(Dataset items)
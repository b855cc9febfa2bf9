//! Laws of the definitions, for the crates above. These functions do nothing: whoever calls one has its clauses for a
//! proof.

ghost use Rattle.std.specs.Prelude.{◌≢◌, ◌↔◌, IsTrue, ℕ, List};
ghost use Rattle.osc_window.specs.Window.{IsFresh, is_fresh, IsWindowOf, AreAccepted, window_of, with_accepted};

/// The window says of each number what all accepted numbers say: each of them was fresh when it was accepted.
pub fn one_window()
    ensures window { (accepted : List ℕ) → AreAccepted accepted → IsWindowOf (window_of accepted) accepted }
    ensures fresh { (accepted : List ℕ) (n : ℕ) → AreAccepted accepted
        → (IsFresh (window_of accepted) n ↔ IsFresh accepted n) }
{}

/// What is fresh after a number is accepted was fresh before it, and isn't that number.
pub fn fresh_after()
    ensures { (window : List ℕ) (n m : ℕ) → IsFresh (with_accepted window n) m → IsFresh window m × (m ≢ n) }
{}

/// The test says what the relation says.
pub fn fresh_test()
    ensures { (accepted : List ℕ) (n : ℕ) → IsTrue (is_fresh accepted n) ↔ IsFresh accepted n }
{}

__What to produce__. When a line in the data contains "specs", return it as written.

__Task result__.
ghost use Rattle.std.specs.Prelude.{◌≢◌, ◌↔◌, IsTrue, ℕ, List};
ghost use Rattle.osc_window.specs.Window.{IsFresh, is_fresh, IsWindowOf, AreAccepted, window_of, with_accepted};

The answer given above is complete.